Saved data entries:
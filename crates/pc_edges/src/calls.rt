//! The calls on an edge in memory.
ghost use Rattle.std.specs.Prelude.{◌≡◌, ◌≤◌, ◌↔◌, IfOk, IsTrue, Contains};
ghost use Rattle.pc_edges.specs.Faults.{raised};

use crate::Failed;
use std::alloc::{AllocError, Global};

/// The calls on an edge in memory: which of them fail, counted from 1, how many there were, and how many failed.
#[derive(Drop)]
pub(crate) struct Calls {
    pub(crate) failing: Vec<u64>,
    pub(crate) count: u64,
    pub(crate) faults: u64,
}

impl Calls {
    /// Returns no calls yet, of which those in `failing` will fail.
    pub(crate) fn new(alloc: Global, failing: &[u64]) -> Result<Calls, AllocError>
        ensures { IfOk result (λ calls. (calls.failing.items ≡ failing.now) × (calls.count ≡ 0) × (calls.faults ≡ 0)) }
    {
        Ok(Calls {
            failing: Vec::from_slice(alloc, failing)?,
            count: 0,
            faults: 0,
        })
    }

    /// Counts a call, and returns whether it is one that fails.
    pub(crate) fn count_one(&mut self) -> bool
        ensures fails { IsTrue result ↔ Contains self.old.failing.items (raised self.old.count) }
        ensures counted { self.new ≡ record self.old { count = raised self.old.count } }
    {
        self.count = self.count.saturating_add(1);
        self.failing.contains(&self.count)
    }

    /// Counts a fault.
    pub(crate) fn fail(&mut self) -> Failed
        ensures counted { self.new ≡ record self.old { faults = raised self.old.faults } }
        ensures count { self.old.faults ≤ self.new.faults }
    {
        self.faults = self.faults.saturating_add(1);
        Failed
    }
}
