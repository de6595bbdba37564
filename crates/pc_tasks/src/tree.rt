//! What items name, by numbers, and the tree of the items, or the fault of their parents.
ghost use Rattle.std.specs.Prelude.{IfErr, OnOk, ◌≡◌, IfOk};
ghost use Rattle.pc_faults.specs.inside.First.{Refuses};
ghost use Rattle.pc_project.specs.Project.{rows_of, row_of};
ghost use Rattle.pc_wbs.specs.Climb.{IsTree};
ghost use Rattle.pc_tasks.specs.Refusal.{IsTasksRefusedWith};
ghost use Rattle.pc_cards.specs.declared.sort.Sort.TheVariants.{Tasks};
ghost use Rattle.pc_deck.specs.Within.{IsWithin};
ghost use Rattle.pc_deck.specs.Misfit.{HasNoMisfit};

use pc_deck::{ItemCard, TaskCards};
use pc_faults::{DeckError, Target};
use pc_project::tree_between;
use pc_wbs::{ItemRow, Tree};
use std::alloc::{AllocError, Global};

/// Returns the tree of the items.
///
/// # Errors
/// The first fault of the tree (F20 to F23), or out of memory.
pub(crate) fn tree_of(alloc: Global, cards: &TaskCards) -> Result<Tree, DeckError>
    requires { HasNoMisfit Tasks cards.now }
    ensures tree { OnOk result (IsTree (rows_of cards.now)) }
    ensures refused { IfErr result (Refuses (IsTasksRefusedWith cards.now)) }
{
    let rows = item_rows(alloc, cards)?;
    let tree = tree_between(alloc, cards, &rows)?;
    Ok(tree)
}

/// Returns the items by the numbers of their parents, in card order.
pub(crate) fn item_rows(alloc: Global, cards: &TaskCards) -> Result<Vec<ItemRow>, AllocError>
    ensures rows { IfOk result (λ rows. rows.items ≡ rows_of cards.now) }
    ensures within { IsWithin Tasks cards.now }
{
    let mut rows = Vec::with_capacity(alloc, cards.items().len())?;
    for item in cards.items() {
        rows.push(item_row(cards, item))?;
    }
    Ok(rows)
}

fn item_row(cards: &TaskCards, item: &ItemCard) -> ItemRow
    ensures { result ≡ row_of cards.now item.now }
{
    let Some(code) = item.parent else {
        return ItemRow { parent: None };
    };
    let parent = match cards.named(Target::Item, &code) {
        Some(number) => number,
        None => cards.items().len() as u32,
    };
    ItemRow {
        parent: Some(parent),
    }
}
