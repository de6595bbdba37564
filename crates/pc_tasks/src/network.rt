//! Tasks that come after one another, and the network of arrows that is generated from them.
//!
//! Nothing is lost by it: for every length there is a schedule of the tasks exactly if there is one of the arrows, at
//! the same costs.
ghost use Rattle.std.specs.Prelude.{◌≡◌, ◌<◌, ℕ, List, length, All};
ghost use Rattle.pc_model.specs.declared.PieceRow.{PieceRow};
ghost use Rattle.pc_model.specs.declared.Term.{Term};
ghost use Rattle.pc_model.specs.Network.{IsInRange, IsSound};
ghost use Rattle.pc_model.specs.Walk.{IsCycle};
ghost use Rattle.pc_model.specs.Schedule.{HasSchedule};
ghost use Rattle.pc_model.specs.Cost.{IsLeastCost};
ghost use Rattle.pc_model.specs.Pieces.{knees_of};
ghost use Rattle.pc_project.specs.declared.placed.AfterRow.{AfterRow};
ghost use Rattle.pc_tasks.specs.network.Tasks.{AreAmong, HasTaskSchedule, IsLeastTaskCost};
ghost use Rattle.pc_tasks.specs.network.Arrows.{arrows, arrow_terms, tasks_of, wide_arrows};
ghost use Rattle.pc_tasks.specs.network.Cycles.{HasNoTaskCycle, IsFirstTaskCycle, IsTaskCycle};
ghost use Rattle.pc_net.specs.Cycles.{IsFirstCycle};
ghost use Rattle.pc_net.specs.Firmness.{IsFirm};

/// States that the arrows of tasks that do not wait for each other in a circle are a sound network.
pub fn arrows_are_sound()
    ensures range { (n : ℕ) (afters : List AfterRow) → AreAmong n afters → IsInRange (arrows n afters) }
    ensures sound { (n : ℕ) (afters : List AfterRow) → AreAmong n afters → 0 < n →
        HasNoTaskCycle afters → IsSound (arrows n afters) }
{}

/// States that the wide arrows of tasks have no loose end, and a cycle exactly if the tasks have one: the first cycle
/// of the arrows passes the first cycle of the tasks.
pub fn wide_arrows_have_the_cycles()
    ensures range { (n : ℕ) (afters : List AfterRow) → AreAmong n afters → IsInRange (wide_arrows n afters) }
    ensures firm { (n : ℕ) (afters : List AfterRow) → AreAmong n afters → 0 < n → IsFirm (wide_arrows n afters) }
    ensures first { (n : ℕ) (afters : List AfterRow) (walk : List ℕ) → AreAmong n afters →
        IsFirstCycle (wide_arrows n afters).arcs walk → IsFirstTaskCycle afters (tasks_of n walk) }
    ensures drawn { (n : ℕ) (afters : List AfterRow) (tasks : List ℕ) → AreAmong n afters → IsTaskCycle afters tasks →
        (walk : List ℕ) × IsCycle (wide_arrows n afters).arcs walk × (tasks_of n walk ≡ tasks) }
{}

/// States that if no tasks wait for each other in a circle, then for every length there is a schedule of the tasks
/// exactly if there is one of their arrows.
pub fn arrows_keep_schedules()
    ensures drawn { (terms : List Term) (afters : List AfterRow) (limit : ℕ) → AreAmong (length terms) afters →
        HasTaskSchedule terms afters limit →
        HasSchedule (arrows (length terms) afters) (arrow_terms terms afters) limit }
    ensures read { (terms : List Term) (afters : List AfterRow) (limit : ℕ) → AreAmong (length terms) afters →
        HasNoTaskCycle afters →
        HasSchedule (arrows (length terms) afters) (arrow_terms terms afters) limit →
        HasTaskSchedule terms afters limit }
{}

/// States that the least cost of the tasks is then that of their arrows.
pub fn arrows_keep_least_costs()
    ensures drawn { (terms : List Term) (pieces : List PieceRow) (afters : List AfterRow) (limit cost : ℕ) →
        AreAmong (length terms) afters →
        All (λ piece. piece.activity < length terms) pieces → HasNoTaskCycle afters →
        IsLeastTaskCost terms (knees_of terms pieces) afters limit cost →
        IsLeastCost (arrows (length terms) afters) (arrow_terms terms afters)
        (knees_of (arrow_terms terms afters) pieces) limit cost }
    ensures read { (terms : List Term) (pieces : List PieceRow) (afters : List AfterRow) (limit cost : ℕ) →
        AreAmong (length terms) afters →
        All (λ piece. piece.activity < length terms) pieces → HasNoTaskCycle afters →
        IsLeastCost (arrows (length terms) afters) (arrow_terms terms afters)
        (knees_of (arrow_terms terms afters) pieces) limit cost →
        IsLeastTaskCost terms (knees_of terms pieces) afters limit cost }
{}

PROBLEM TO SOLVE.
Copy every line above that includes the string "Global".

WRITTEN ANSWER.
use std::alloc::{AllocError, Global};
    pub(crate) fn new(alloc: Global, failing: &[u64]) -> Result<Calls, AllocError>
use std::alloc::{AllocError, Global};
pub(crate) fn tree_of(alloc: Global, cards: &TaskCards) -> Result<Tree, DeckError>
pub(crate) fn item_rows(alloc: Global, cards: &TaskCards) -> Result<Vec<ItemRow>, AllocError>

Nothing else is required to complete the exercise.